I am no exception to this generality. 

Thinking about my resolutions though, I feel as though I want to hang myself I have a lot of things to work on.  I want to be better, but somehow I slip back into my old ways and I’m back at square one making the same resolutions I have been for the last 5 years. 

So what makes me think I can change now? 

Most people, when they write their resolutions, want to change.  Why would they go to all this trouble to think about them if they weren’t going to do it, right?!  Well, I know I have every intention of trying to keep my resolutions right NOW, but tonight when I want to watch an episode of Castle instead of studying my scriptures, we will see how badly I want to change. 

I think we all have good intentions, but it is a challenge to change our ways and be better.  It is a process and one that takes time and patience.  I have decided to give myself a break and be realistic about by resolutions.  I know I won't be perfect at all of them, but instead I will practice them.  Try to practice everyday at one or a few of them and not be so hard on myself about whether or not I have perfected them by next December.   

Below is my list of resolutions and I am keeping them where I can see them everyday.  My planner, my car, sticky notes on my computer…anywhere I am frequenting I will place friendly reminders of my good intentions.   And when I forget or am slacking, as I inevitably will, I will try to be better and just keep going.  Practice makes perfect and I will be practicing my resolutions all year long.

Here goes… 

    1.  Really study and ponder the scriptures.  Not just read them.  Set aside time to study and not make excuses.  
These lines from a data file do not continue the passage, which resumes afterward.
//! Values worked by hand from the standard, at widths 1, 4 and 128.

ghost use Rattle.rare_wide.specs.Widths.{IsBitVector};

use crate::words::ones;
use crate::{
    add, and, ashr, join, lshr, mul, neg, not, or, rotate_left, rotate_right, sdiv, shl,
    sign_extend, slice, slt, smod, srem, sub, udiv, urem, xor,
};
use std::process::Abort;

#[derive(Clone, Copy, Debug)]
enum Operator {
    Add,
    Sub,
    Mul,
    Udiv,
    Urem,
    Sdiv,
    Srem,
    Smod,
    Shl,
    Lshr,
    Ashr,
    And,
    Or,
    Xor,
    Not,
    Neg,
    Slt,
}

/// The operator's value, where `Not` and `Neg` leave `b` aside and `Slt` gives 1 for true.
fn value(operator: Operator, a: u128, b: u128, width: u32) -> u128
    requires first { IsBitVector width a }
    requires second { IsBitVector width b }
{
    match operator {
        Operator::Add => add(a, b, width),
        Operator::Sub => sub(a, b, width),
        Operator::Mul => mul(a, b, width),
        Operator::Udiv => udiv(a, b, width),
        Operator::Urem => urem(a, b, width),
        Operator::Sdiv => sdiv(a, b, width),
        Operator::Srem => srem(a, b, width),
        Operator::Smod => smod(a, b, width),
        Operator::Shl => shl(a, b, width),
        Operator::Lshr => lshr(a, b, width),
        Operator::Ashr => ashr(a, b, width),
        Operator::And => and(a, b, width),
        Operator::Or => or(a, b, width),
        Operator::Xor => xor(a, b, width),
        Operator::Not => not(a, width),
        Operator::Neg => neg(a, width),
        Operator::Slt => slt(a, b, width) as u128,
    }
}

fn expect_bit_vector(rt: &impl Abort, a: u128, width: u32)
    ensures { IsBitVector width a }
{
    assert!(rt; 1 <= width);
    assert!(rt; width <= 128);
    assert!(rt; a <= ones(width));
}

const MAX: u128 = u128::MAX;

const TOP: u128 = 1 << 127;

/// Operator, operands, width, and the value by the definitions of SMT-LIB 2.6.
const ROWS: [(Operator, u128, u128, u32, u128); 80] = [
    (Operator::Sdiv, 0b1000, 0b1111, 4, 0b1000),
    (Operator::Smod, 0b1111, 0b1000, 4, 0b1111),
    (Operator::Smod, 0b1000, 0b0000, 4, 0b1000),
    (Operator::Sdiv, 0b1000, 0b0000, 4, 0b0001),
    (Operator::Udiv, 0b1111, 0b0000, 4, 0b1111),
    (Operator::Mul, MAX, MAX, 128, 1),
    (Operator::Add, 1, 1, 1, 0),
    (Operator::Add, 0b1001, 0b1000, 4, 0b0001),
    (Operator::Add, MAX, 1, 128, 0),
    (Operator::Sub, 0, 1, 1, 1),
    (Operator::Sub, 0b0011, 0b0101, 4, 0b1110),
    (Operator::Sub, 0, 1, 128, MAX),
    (Operator::Mul, 1, 1, 1, 1),
    (Operator::Mul, 0b1010, 0b0011, 4, 0b1110),
    (Operator::Mul, TOP, 2, 128, 0),
    (Operator::Neg, 1, 0, 1, 1),
    (Operator::Neg, 0b0001, 0, 4, 0b1111),
    (Operator::Neg, 0, 0, 4, 0),
    (Operator::Neg, TOP, 0, 128, TOP),
    (Operator::Udiv, 1, 0, 1, 1),
    (Operator::Udiv, 0b1101, 0b0100, 4, 0b0011),
    (Operator::Udiv, MAX, TOP, 128, 1),
    (Operator::Udiv, MAX, 0, 128, MAX),
    (Operator::Urem, 1, 0, 1, 1),
    (Operator::Urem, 0b1101, 0b0100, 4, 0b0001),
    (Operator::Urem, 0b1011, 0b0000, 4, 0b1011),
    (Operator::Urem, MAX, TOP, 128, TOP - 1),
    (Operator::Sdiv, 1, 1, 1, 1),
    (Operator::Sdiv, 0b0111, 0b1110, 4, 0b1101),
    (Operator::Sdiv, 0b1001, 0b0010, 4, 0b1101),
    (Operator::Sdiv, 0b1001, 0b1110, 4, 0b0011),
    (Operator::Sdiv, 0b0101, 0b0000, 4, 0b1111),
    (Operator::Sdiv, TOP, MAX, 128, TOP),
    (Operator::Srem, 1, 0, 1, 1),
    (Operator::Srem, 0b0111, 0b1110, 4, 0b0001),
    (Operator::Srem, 0b1001, 0b0010, 4, 0b1111),
    (Operator::Srem, 0b1001, 0b1110, 4, 0b1111),
    (Operator::Srem, 0b1001, 0b0000, 4, 0b1001),
    (Operator::Srem, TOP, 3, 128, MAX - 1),
    (Operator::Smod, 1, 1, 1, 0),
    (Operator::Smod, 0b0111, 0b0010, 4, 0b0001),
    (Operator::Smod, 0b1010, 0b0100, 4, 0b0010),
    (Operator::Smod, 0b0111, 0b1110, 4, 0b1111),
    (Operator::Smod, 0b1001, 0b1110, 4, 0b1111),
    (Operator::Smod, 3, TOP, 128, TOP + 3),
    (Operator::Not, 0, 0, 1, 1),
    (Operator::Not, 0b0101, 0, 4, 0b1010),
    (Operator::Not, TOP, 0, 128, TOP - 1),
    (Operator::And, 1, 0, 1, 0),
    (Operator::And, 0b1100, 0b1010, 4, 0b1000),
    (Operator::And, MAX, TOP, 128, TOP),
    (Operator::Or, 1, 0, 1, 1),
    (Operator::Or, 0b1100, 0b1010, 4, 0b1110),
    (Operator::Or, TOP, 1, 128, TOP + 1),
    (Operator::Xor, 1, 1, 1, 0),
    (Operator::Xor, 0b1100, 0b1010, 4, 0b0110),
    (Operator::Xor, MAX, TOP, 128, TOP - 1),
    (Operator::Shl, 1, 1, 1, 0),
    (Operator::Shl, 0b0011, 0b0011, 4, 0b1000),
    (Operator::Shl, 0b1111, 0b0100, 4, 0),
    (Operator::Shl, 1, 127, 128, TOP),
    (Operator::Shl, MAX, MAX, 128, 0),
    (Operator::Lshr, 1, 1, 1, 0),
    (Operator::Lshr, 0b1100, 0b0010, 4, 0b0011),
    (Operator::Lshr, 0b1111, 0b0100, 4, 0),
    (Operator::Lshr, 0b1111, 0b1111, 4, 0),
    (Operator::Lshr, TOP, 127, 128, 1),
    (Operator::Lshr, MAX, 128, 128, 0),
    (Operator::Ashr, 1, 1, 1, 1),
    (Operator::Ashr, 0b1010, 0b0001, 4, 0b1101),
    (Operator::Ashr, 0b0110, 0b0001, 4, 0b0011),
    (Operator::Ashr, 0b1000, 0b0100, 4, 0b1111),
    (Operator::Ashr, 0b0111, 0b1111, 4, 0),
    (Operator::Ashr, TOP, MAX, 128, MAX),
    (Operator::Slt, 1, 0, 1, 1),
    (Operator::Slt, 0b1000, 0b0111, 4, 1),
    (Operator::Slt, 0b0111, 0b1000, 4, 0),
    (Operator::Slt, 0b1110, 0b1111, 4, 1),
    (Operator::Slt, 0b0101, 0b0101, 4, 0),
    (Operator::Slt, MAX, TOP, 128, 0),
];

#[test]
fn operators(rt: HostRuntime) {
    for (operator, a, b, width, want) in ROWS {
        expect_bit_vector(&rt, a, width);
        expect_bit_vector(&rt, b, width);
        assert_eq!(rt;
            value(operator, a, b, width),
            want,
            "{operator:?} {a} {b} at {width}"
        );
    }
}

/// A bit vector, the places, the width, and it rotated to the left and to the right.
const ROTATIONS: [(u128, u32, u32, u128, u128); 8] = [
    (1, 5, 1, 1, 1),
    (0b0011, 1, 4, 0b0110, 0b1001),
    (0b1001, 4, 4, 0b1001, 0b1001),
    (0b1001, 5, 4, 0b0011, 0b1100),
    (0b1001, 7, 4, 0b1100, 0b0011),
    (TOP, 1, 128, 1, 1 << 126),
    (TOP, 128, 128, TOP, TOP),
    (1, 127, 128, TOP, 2),
];

#[test]
fn rotations(rt: HostRuntime) {
    for (a, by, width, left, right) in ROTATIONS {
        expect_bit_vector(&rt, a, width);
        assert_eq!(rt; rotate_left(a, by, width), left, "{a} by {by} at {width}");
        assert_eq!(rt; rotate_right(a, by, width), right, "{a} by {by} at {width}");
    }
}

#[test]
fn parts(rt: HostRuntime) {
    assert_eq!(rt; slice(1, 0, 0, 1), 1);
    assert_eq!(rt; slice(0b1010, 2, 1, 4), 0b01);
    assert_eq!(rt; slice(0b1010, 3, 3, 4), 1);
    assert_eq!(rt; slice(MAX, 127, 0, 128), MAX);
    assert_eq!(rt; slice(TOP, 127, 127, 128), 1);
    assert_eq!(rt; slice(TOP, 126, 0, 128), 0);

    assert_eq!(rt; join(1, 1, 0, 1), 0b10);
    assert_eq!(rt; join(0b10, 2, 0b011, 3), 0b10011);
    assert_eq!(rt; join(1, 1, TOP - 1, 127), MAX);

    assert_eq!(rt; sign_extend(1, 1, 3), 0b1111);
    assert_eq!(rt; sign_extend(0b1000, 4, 4), 0b1111_1000);
    assert_eq!(rt; sign_extend(0b0111, 4, 4), 0b0111);
    assert_eq!(rt; sign_extend(0b1010, 4, 0), 0b1010);
    assert_eq!(rt; sign_extend(1, 1, 127), MAX);
    assert_eq!(rt; sign_extend(TOP, 128, 0), TOP);
}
   2. Simplify, de-clutter and organize our lives.

    3. Read more good and wholesome books.  Not LDS romance books.  Those are fine and good, but I want to read more medical books and especially start reading the biographies of the prophets of the church.  Things that will inspire, uplift and challenge me.

    4. Be present.  I don’t want to be in the moment and be thinking of the 17 other things I have to do today.  I want to enjoy what is happening as it happens!

    5. Start dancing again.  Ballet especially.  That is my passion and I have put it off for too long.

    6. Make more memories.  Instead of watching a movie with friends or family I want to play games, eat yummy dinners and do things outside of the box.  I have so many more memories of friends when we are doing something, not just glued in front of the TV.  An occasional movie or show is of course welcome, I just want to mix it up a little more.

    7. Put my phone/laptop/kindle away when I am around anything with more than 3 brain cells.

    8. Try more things that scare me.  I don’t mean bungee jumping or climbing a mountain, I mean things I know I should do, but instead I choose to stay home because that is the safe option.  Like going alone to that new gym class even though I am sure I will make a fool of myself, sing in front of people, or finally go back to school.  Things I know I should do for myself, but I am just too scared.

    9. Continue to challenge myself in the kitchen.  I love to cook and I want to try new things and perfect my craft.

    10.  Learn how to sew.   And by sew, I mean learn how to work a sewing machine.  I got a sewing machine for Christmas and I have every intention of sewing drapes, pillows and maybe even a skirt or two.  I never took Home Economics in high school so I’m sure I am going to loose a finger this will be challenging.

    11. Save money.  That means less impulse buys and more penny pinching.

    12. Be a more attentive, kind and loving wife.  Ryan deserves that…everyone knows it J



Feeling pumped and excited for the new year and ready to practice being a better, well-rounded woman.  Bring it 2013.